## WHAT YOU ARE ASKED TO DO:
Every record must be reproduced exactly. Leave none out.

Collected data entries:
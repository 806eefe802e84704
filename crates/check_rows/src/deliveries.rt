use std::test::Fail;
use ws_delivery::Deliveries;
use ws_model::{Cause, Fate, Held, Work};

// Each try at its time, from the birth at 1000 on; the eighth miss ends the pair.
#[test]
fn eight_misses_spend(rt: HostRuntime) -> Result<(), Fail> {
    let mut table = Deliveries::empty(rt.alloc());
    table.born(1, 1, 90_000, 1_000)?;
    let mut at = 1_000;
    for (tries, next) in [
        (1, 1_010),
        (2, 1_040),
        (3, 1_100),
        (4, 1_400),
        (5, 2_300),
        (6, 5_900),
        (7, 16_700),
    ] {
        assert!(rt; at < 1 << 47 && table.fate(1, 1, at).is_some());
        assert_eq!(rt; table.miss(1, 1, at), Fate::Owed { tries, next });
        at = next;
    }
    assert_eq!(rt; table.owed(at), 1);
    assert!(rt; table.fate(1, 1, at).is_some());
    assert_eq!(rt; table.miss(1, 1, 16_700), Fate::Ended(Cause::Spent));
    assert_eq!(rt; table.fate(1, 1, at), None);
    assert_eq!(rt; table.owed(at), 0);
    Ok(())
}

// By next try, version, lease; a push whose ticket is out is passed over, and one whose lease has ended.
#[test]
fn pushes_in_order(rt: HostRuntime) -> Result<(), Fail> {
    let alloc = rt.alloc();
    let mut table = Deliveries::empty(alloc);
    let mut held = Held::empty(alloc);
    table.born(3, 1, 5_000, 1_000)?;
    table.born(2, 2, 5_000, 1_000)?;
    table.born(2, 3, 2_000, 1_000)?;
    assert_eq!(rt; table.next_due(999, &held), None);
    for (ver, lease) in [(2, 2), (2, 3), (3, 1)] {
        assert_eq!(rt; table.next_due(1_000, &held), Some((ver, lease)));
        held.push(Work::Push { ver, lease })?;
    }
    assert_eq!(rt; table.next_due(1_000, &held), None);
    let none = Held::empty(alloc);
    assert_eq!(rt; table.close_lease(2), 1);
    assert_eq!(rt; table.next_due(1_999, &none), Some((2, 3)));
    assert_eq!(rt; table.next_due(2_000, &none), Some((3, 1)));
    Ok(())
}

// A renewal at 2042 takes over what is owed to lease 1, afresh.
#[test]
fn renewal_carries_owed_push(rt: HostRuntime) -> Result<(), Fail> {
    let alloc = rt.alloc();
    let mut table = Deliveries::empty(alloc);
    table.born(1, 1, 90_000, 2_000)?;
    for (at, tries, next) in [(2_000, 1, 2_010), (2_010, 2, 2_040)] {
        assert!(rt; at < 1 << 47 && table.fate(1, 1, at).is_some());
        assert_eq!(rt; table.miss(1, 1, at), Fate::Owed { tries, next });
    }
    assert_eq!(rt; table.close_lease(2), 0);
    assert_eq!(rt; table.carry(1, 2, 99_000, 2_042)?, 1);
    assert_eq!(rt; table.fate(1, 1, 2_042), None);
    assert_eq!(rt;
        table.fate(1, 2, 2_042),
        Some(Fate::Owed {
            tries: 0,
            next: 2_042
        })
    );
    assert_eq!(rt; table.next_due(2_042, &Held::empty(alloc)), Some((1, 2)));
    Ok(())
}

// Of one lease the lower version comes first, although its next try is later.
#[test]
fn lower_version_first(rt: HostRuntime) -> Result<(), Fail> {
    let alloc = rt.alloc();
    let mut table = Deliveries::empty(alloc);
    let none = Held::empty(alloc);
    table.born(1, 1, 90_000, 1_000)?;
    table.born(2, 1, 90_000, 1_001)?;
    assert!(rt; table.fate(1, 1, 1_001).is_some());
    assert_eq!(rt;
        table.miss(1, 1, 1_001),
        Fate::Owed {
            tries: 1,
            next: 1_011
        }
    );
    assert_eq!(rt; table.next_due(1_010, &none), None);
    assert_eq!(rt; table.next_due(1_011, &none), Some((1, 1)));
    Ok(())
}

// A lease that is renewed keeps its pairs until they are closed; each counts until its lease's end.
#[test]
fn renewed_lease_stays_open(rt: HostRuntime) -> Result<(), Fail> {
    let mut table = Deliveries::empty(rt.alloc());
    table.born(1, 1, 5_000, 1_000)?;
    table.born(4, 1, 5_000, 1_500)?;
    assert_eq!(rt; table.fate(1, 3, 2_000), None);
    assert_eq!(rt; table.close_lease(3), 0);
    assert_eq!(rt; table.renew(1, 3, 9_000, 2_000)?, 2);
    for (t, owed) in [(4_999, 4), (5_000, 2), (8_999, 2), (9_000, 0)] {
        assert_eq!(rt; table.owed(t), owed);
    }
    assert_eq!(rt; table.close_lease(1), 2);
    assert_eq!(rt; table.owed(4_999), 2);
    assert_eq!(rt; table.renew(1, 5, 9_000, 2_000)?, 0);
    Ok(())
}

## ANSWER TO THIS PROBLEM:
repository 806eefe802e84704
filename crates/check_rows/src/deliveries.rt
use std::test::Fail;
use ws_delivery::Deliveries;
use ws_model::{Cause, Fate, Held, Work};

// Each try at its time, from the birth at 1000 on; the eighth miss ends the pair.
#[test]
fn eight_misses_spend(rt: HostRuntime) -> Result<(), Fail> {
    let mut table = Deliveries::empty(rt.alloc());
    table.born(1, 1, 90_000, 1_000)?;
    let mut at = 1_000;
    for (tries, next) in [
        (1, 1_010),
        (2, 1_040),
        (3, 1_100),
        (4, 1_400),
        (5, 2_300),
        (6, 5_900),
        (7, 16_700),
    ] {
        assert!(rt; at < 1 << 47 && table.fate(1, 1, at).is_some());
        assert_eq!(rt; table.miss(1, 1, at), Fate::Owed { tries, next });
        at = next;
    }
    assert_eq!(rt; table.owed(at), 1);
    assert!(rt; table.fate(1, 1, at).is_some());
    assert_eq!(rt; table.miss(1, 1, 16_700), Fate::Ended(Cause::Spent));
    assert_eq!(rt; table.fate(1, 1, at), None);
    assert_eq!(rt; table.owed(at), 0);
    Ok(())
}

// By next try, version, lease; a push whose ticket is out is passed over, and one whose lease has ended.
#[test]
fn pushes_in_order(rt: HostRuntime) -> Result<(), Fail> {
    let alloc = rt.alloc();
    let mut table = Deliveries::empty(alloc);
    let mut held = Held::empty(alloc);
    table.born(3, 1, 5_000, 1_000)?;
    table.born(2, 2, 5_000, 1_000)?;
    table.born(2, 3, 2_000, 1_000)?;
    assert_eq!(rt; table.next_due(999, &held), None);
    for (ver, lease) in [(2, 2), (2, 3), (3, 1)] {
        assert_eq!(rt; table.next_due(1_000, &held), Some((ver, lease)));
        held.push(Work::Push { ver, lease })?;
    }
    assert_eq!(rt; table.next_due(1_000, &held), None);
    let none = Held::empty(alloc);
    assert_eq!(rt; table.close_lease(2), 1);
    assert_eq!(rt; table.next_due(1_999, &none), Some((2, 3)));
    assert_eq!(rt; table.next_due(2_000, &none), Some((3, 1)));
    Ok(())
}

// A renewal at 2042 takes over what is owed to lease 1, afresh.
#[test]
fn renewal_carries_owed_push(rt: HostRuntime) -> Result<(), Fail> {
    let alloc = rt.alloc();
    let mut table = Deliveries::empty(alloc);
    table.born(1, 1, 90_000, 2_000)?;
    for (at, tries, next) in [(2_000, 1, 2_010), (2_010, 2, 2_040)] {
        assert!(rt; at < 1 << 47 && table.fate(1, 1, at).is_some());
        assert_eq!(rt; table.miss(1, 1, at), Fate::Owed { tries, next });
    }
    assert_eq!(rt; table.close_lease(2), 0);
    assert_eq!(rt; table.carry(1, 2, 99_000, 2_042)?, 1);
    assert_eq!(rt; table.fate(1, 1, 2_042), None);
    assert_eq!(rt;
        table.fate(1, 2, 2_042),
        Some(Fate::Owed {
            tries: 0,
            next: 2_042
        })
    );
    assert_eq!(rt; table.next_due(2_042, &Held::empty(alloc)), Some((1, 2)));
    Ok(())
}

// Of one lease the lower version comes first, although its next try is later.
#[test]
fn lower_version_first(rt: HostRuntime) -> Result<(), Fail> {
    let alloc = rt.alloc();
    let mut table = Deliveries::empty(alloc);
    let none = Held::empty(alloc);
    table.born(1, 1, 90_000, 1_000)?;
    table.born(2, 1, 90_000, 1_001)?;
    assert!(rt; table.fate(1, 1, 1_001).is_some());
    assert_eq!(rt;
        table.miss(1, 1, 1_001),
        Fate::Owed {
            tries: 1,
            next: 1_011
        }
    );
    assert_eq!(rt; table.next_due(1_010, &none), None);
    assert_eq!(rt; table.next_due(1_011, &none), Some((1, 1)));
    Ok(())
}

// A lease that is renewed keeps its pairs until they are closed; each counts until its lease's end.
#[test]
fn renewed_lease_stays_open(rt: HostRuntime) -> Result<(), Fail> {
    let mut table = Deliveries::empty(rt.alloc());
    table.born(1, 1, 5_000, 1_000)?;
    table.born(4, 1, 5_000, 1_500)?;
    assert_eq!(rt; table.fate(1, 3, 2_000), None);
    assert_eq!(rt; table.close_lease(3), 0);
    assert_eq!(rt; table.renew(1, 3, 9_000, 2_000)?, 2);
    for (t, owed) in [(4_999, 4), (5_000, 2), (8_999, 2), (9_000, 0)] {
        assert_eq!(rt; table.owed(t), owed);
    }
    assert_eq!(rt; table.close_lease(1), 2);
    assert_eq!(rt; table.owed(4_999), 2);
    assert_eq!(rt; table.renew(1, 5, 9_000, 2_000)?, 0);
    Ok(())
}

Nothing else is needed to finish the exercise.